Il est bien observé qu’entre un et douze ans environ, de nombreux enfants manifestent un attachement profond à un objet moelleux en peluche, normalement en forme de panda, de tigre ou – moins souvent – de pieuvre. La profondeur de la relation peut être extraordinaire. L’enfant dort avec lui, lui parle, pleure devant lui et lui dit des choses qu’il ne dirait jamais à personne d’autre. Ce qui est vraiment remarquable, c’est que l’animal s’occupe de son propriétaire, s’adressant à lui avec un ton d’une maturité et d’une gentillesse inhabituelles. Cela pourrait, en cas de crise, inciter l’enfant à ne pas s’inquiéter et à espérer des temps meilleurs à l’avenir. Mais naturellement, le caractère de l’animal est entièrement constitué. L’animal est simplement quelque chose d’inventé, ou d’animé par une partie de l’enfant, afin de s’occuper de l’autre.

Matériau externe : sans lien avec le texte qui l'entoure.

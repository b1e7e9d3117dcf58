//! The run of one worker.
ghost use Rattle.std.specs.Prelude.{IfOk};
ghost use Rattle.worker_crew.specs.declared.task.Task.{Task};
ghost use Rattle.worker_crew.specs.Tasks.{IsTask, IsAlone, HasLog};
ghost use Rattle.worker_crew.specs.Reached.{HasEnded};

use crate::engine::{Engine, Ruled};
use crate::starting::start;
use crate::task::{Run, Task};
use fcp_model::{NoMemory, Outcome};
use std::alloc::Global;

/// The run that ended with this outcome where the engine stands.
fn run_of(engine: Engine, outcome: Outcome) -> Run
    ensures run { (t : Task) → IsTask t → HasEnded t engine outcome → IsAlone t result }
    ensures log { (t : Task) → IsTask t → HasEnded t engine outcome → HasLog t result }
{
    fcp_laws::one_worker_runs();
    let Engine { hall, made, .. } = engine;
    Run {
        log: hall.into_log(),
        outcome,
        reached: made,
    }
}

/// The run of one worker of the task: from the goal's first state until a ruling says that it ends. `Err` is want of memory.
pub fn alone(alloc: Global, task: &Task) -> Result<Run, NoMemory>
    requires { IsTask task.now }
    ensures run { IfOk result (IsAlone task.now) }
    ensures log { IfOk result (HasLog task.now) }
{
    let mut engine = start(alloc, task)?;
    loop {
        match engine.rule(alloc, task)? {
            Ruled::Makes | Ruled::Passes => {}
            Ruled::Ends(outcome) => return Ok(run_of(engine, outcome)),
        }
    }
}
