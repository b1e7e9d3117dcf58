//! The run of one worker over a plain hall: its log, its outcome, and how many of the controls it made.
#![tactic(auto)]

mod engine;
mod mode;
mod one_worker;
mod queues;
mod starting;
mod task;

pub use one_worker::alone;
pub use task::{Run, Task};
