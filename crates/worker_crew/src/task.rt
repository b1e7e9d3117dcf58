//! What is run, and a run that ended.

use fcp_model::{Control, Entry, Limits, Loaded, LoadedGoal, Outcome};
use machine_code::Code;

/// What is run: a goal over a module, by the module's code, within limits, with controls.
#[derive(Clone, Copy)]
pub struct Task<'a> {
    pub loaded: &'a Loaded,
    pub goal: &'a LoadedGoal,
    pub code: &'a Code,
    pub limits: Limits,
    pub controls: &'a [Control],
}

/// A run that ended.
#[derive(Drop)]
pub struct Run {
    /// Its entries, of which the first has the number 1.
    pub log: Vec<Entry>,
    /// How it ended.
    pub outcome: Outcome,
    /// How many of the controls were made, from the first one on.
    pub reached: u32,
}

Le psychanalyste anglais Donald Winnicott a été le premier à écrire sérieusement et avec sensibilité sur le business des ours en peluche. Dans un article du début des années 1960, Winnicott a décrit un garçon de six ans – dont les parents l’avaient profondément abusé – devenant très lié à un petit animal que sa grand-mère lui avait donné. Chaque nuit, il dialoguait avec l’animal, le serrait contre sa poitrine et versait quelques larmes dans sa douce fourrure tachée et grisonnante. C’était son bien le plus précieux, pour lequel il aurait tout abandonné. Comme le garçon résumait la situation à Winnicott : « Personne d’autre ne peut me comprendre comme Bunny.
Ce qui fascinait Winnicott ici, c’était que c’était bien sûr le garçon qui avait inventé le lapin, lui donnant son identité, sa voix et sa façon de s’adresser à lui. Le garçon parlait à lui-même – via le lapin – d’une voix remplie d’une compassion et d’une sympathie par ailleurs trop rarement présentes.
Bien que cela semble un peu étrange, parler à nous-mêmes est une pratique courante tout au long de notre vie. Souvent, lorsque nous le faisons, le ton est dur et punitif. Nous nous reprochons d’être des perdants, des perdants de temps ou des pervers. Mais, comme le savait Winnicott, le bien-être mental dépend du fait de disposer d’un répertoire de voix intérieures plus douces, indulgentes et pleines d’espoir. Pour continuer, il y a des moments où un côté de l’esprit a besoin de dire à l’autre que la critique suffit : qu’il comprend, que cela pourrait arriver à n’importe qui, qu’on ne pouvait pas savoir… C’est ce genre de bienveillant indispensable voix que l’enfant commence d’abord à répéter et à faire de l’exercice avec l’aide d’un animal en peluche.

À l’adolescence, les animaux ont tendance à se mettre à l’écart. Ils deviennent embarrassants, évoquant une vulnérabilité à laquelle nous souhaitons nous échapper. Mais, pour suivre Winnicott, si notre développement s’est bien passé, ce qui a été expérimenté en présence d’un animal en peluche devrait continuer toute notre vie – car, par définition, nous serons fréquemment déçus par les gens autour de nous, qui ne le feront pas. t être capable de nous comprendre, d’écouter nos chagrins et d’être gentil avec nous de la manière que nous désirons et exigeons. Tout adulte en bonne santé devrait donc posséder une capacité d’autoconsommation : c’est-à-dire de se retirer dans un espace isolé et sûr et de parler d’un ton doux, encourageant et infiniment indulgent. Le fait que nous n’appelions pas formellement le moi compréhensif « lapin blanc » ou « ours jaune » ne devrait pas masquer la dette que le moi adulte nourricier doit à son incarnation antérieure dans un jouet à fourrure.
Une bonne vie d’adulte nous oblige à voir les liens entre nos forces et nos états régressifs. Être correctement mature exige un accommodement gracieux avec ce qui peut sembler enfantin, embarrassant ou vulnérable d’une manière humiliante. Nous devons honorer les animaux en peluche pour ce qu’ils sont vraiment : des outils pour nous aider dans nos premiers pas dans l’entreprise vitale de savoir comment prendre soin de nous-mêmes.